Por Gabriel Wainer, apresentador do @RivoNews
Estou na Polônia para aprender mais sobre o Holocausto. São quase oito horas da noite e neva em Cracóvia. No relógio, a temperatura marca -1ºC, mas a sensação térmica é de -6ºC. É um frio que dói não só no osso, mas na alma.
Me disseram, antes de vir, que eu me despedisse de mim mesmo, pois ninguém volta igual depois de Auschwitz
Passei o dia inteiro entre os campos de concentração de Auschwitz e Birkenau, verdadeiras indústrias de extermínio de judeus, ciganos, testemunhas de Jeová, homossexuais, pretos, neurodivergentes, pessoas com deficiência física e qualquer um que ousasse questionar a o regime nazista. Protegido do clima hostil por camadas e mais camadas de roupa, estive nos barracões onde milhões enfrentaram o inverno com um pijama listrado e sapatos de madeira. Inevitável sentir-se culpado.
Me disseram, antes de vir, que eu me despedisse de mim mesmo, pois ninguém volta igual depois de Auschwitz. Corredores inteiros com cabelos humanos e sapatos de crianças fazem o estômago embrulhar e amolecem as pernas. No livro das vítimas do nazismo, encontrei 558 pessoas com o sobrenome Wainer e senti como se conhecesse cada uma delas. Imaginei quantos seríamos se não tivessem sido aniquilados como pragas.
Tive a honra de conhecer o campo com o filho de um sobrevivente. Ichak Luftglass passou por seis campos de concentração. Em Auschwitz, teve o número 174.097 tatuado no braço após ser recepcionado pelo aberrante nazista Josef Mengele, que morreu impune. Depois disso, foi confinado ao pavilhão 18, onde seu filho rezou o kadish em sua homenagem, um raro momento de beleza diante da exposição de tanto sofrimento.
O filho dele, Márcio, me contou que seu pai só saiu do Brasil duas vezes depois de ter se estabelecido por lá. Na segunda vez, voltando de Israel, ao tocar o solo brasileiro fez como seu conterrâneo, o Papa João Paulo II, e beijou o chão. Era grato pela acolhida da nossa gente quando mais precisou.

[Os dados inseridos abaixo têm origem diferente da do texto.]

//! What an open checked transaction read, and which later commit wrote into it.
ghost use Rattle.std.specs.Prelude.{◌≡◌, ◌==◌, filter, map, not, position, OnErr, OnOk};
ghost use Rattle.isolation_spec.specs.Reads.{first_stale, last_meeting, meets, no_reads, reads_in};
ghost use Rattle.isolation_spec.specs.Reads.{with_read};
ghost use Rattle.isolation_spec.specs.declared.read.Read.TheVariants as read;
ghost use Rattle.si_machine.specs.Kept.{history_in};
ghost use Rattle.si_machine.specs.Met.{is_met_at};

use crate::writers::Writes;
use isolation_spec::{KeyRange, Place, Read};
use std::alloc::{AllocError, Global};
use std::collections::BTreeSet;
use std::marker::Model;

/// What a transaction read: the places whose keys it got, the tables that it read as a whole, and
/// the ranges of keys.
#[derive(Drop)]
pub(crate) struct Reads {
    places: BTreeSet<Place>,
    tables: BTreeSet<u32>,
    ranges: Vec<KeyRange>,
}

impl Model for Reads {
    ghost use Rattle.isolation_spec.specs.Reads.{ReadSet};

    ghost Value = { ReadSet };

    ghost view = { λ r. record {
      places = r.places.keys;
      tables = r.tables.keys;
      ranges = r.ranges.items;
    } };
}

impl Reads {
    /// Nothing was read.
    pub(crate) fn new(alloc: Global) -> Reads
        ensures { result ≡ no_reads }
    {
        Reads {
            places: BTreeSet::new(alloc),
            tables: BTreeSet::new(alloc),
            ranges: Vec::new(alloc),
        }
    }

    /// Enters a read.
    pub(crate) fn enter(&mut self, what: Read) -> Result<(), AllocError>
        ensures ok { OnOk result (self.new ≡ with_read what self.old) }
        ensures err { OnErr result (self.new ≡ self.old) }
    {
        match what {
            Read::Key { table, key } => {
                self.places.insert(Place { table, key })?;
            }
            Read::Table { table } => {
                self.tables.insert(table)?;
            }
            Read::Range { table, low, high } => {
                self.ranges.push(KeyRange { table, low, high })?;
            }
        }
        Ok(())
    }

    /// Of what was read the first that a commit behind the snapshot wrote, with the number of the
    /// last such commit: keys are looked at before tables, and these before ranges.
    pub(crate) fn first_stale(&self, commits: &[Writes], snapshot: usize) -> Option<(Read, usize)>
        ensures { result
            ≡ first_stale (last_meeting (history_in commits.now) snapshot) (reads_in self.now) }
    {
        stale_key(commits, snapshot, &self.places)
            .or(stale_table(commits, snapshot, &self.tables))
            .or(stale_range(commits, snapshot, &self.ranges))
    }
}

/// What an open checked transaction of a session read.
#[derive(Drop)]
pub(crate) struct Reading {
    pub(crate) session: u32,
    pub(crate) reads: Reads,
}

/// Where the reading of a session stands.
pub(crate) fn reading_of(readings: &[Reading], session: u32) -> Option<usize>
    ensures { result ≡ position (λ r. r.session == session) readings.now }
{
    readings
        .iter()
        .position(|reading| reading.session == session)
}

/// Drops the reading of a session.
pub(crate) fn forget(readings: &mut Vec<Reading>, session: u32)
    ensures { readings.new.items ≡ filter (λ r. not (r.session == session)) readings.old.items }
{
    readings.retain(|reading| reading.session != session);
}

/// The first of these keys that a commit behind the snapshot wrote.
fn stale_key(commits: &[Writes], snapshot: usize, places: &BTreeSet<Place>) -> Option<(Read, usize)>
    ensures { result
        ≡ first_stale (last_meeting (history_in commits.now) snapshot)
        (map (λ place. read.Key place.table place.key) places.now.keys) }
{
    for place in places {
        let what = Read::Key {
            table: place.table,
            key: place.key,
        };
        if let Some(number) = last_meeting(commits, snapshot, &what) {
            return Some((what, number));
        }
    }
    None
}

/// The first of these tables that a commit behind the snapshot wrote.
fn stale_table(commits: &[Writes], snapshot: usize, tables: &BTreeSet<u32>) -> Option<(Read, usize)>
    ensures { result
        ≡ first_stale (last_meeting (history_in commits.now) snapshot)
        (map read.Table tables.now.keys) }
{
    for table in tables {
        let what = Read::Table { table: *table };
        if let Some(number) = last_meeting(commits, snapshot, &what) {
            return Some((what, number));
        }
    }
    None
}

/// The first of these ranges that a commit behind the snapshot wrote.
fn stale_range(commits: &[Writes], snapshot: usize, ranges: &[KeyRange]) -> Option<(Read, usize)>
    ensures { result
        ≡ first_stale (last_meeting (history_in commits.now) snapshot)
        (map (λ range. read.Range range.table range.low range.high) ranges.now) }
{
    for range in ranges {
        let what = Read::Range {
            table: range.table,
            low: range.low,
            high: range.high,
        };
        if let Some(number) = last_meeting(commits, snapshot, &what) {
            return Some((what, number));
        }
    }
    None
}

/// The number of the last commit behind the snapshot that wrote into a read.
fn last_meeting(commits: &[Writes], snapshot: usize, what: &Read) -> Option<usize>
    ensures { result ≡ last_meeting (history_in commits.now) snapshot what.now }
{
    let mut last = None;
    for number in snapshot..commits.len() {
        if meets(what, &commits[number]) {
            last = Some(number + 1);
        }
    }
    last
}

/// Whether one of the writes is into the read.
fn meets(what: &Read, writes: &Writes) -> bool
    ensures { result ≡ meets what.now writes.now.entries }
{
    for place in writes.keys() {
        if is_met_at(what, place) {
            return true;
        }
    }
    false
}

/// Whether a write at the place is into the read.
fn is_met_at(what: &Read, place: &Place) -> bool
    ensures { result ≡ is_met_at what.now place.now }
{
    match *what {
        Read::Key { table, key } => place.table == table && place.key == key,
        Read::Table { table } => place.table == table,
        Read::Range { table, low, high } => {
            place.table == table && low <= place.key && place.key <= high
        }
    }
}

É este o Brasil que orgulha a comunidade judaica deste país. O Brasil de Oswaldo Aranha, de Henry Sobel, de Ichak Luftglass, que honra sua tradição de acolhimento, justiça e respeito à diversidade, construindo pontes entre culturas e reafirmando seu compromisso com a liberdade e a dignidade humana. E não o Brasil que endossa o terror.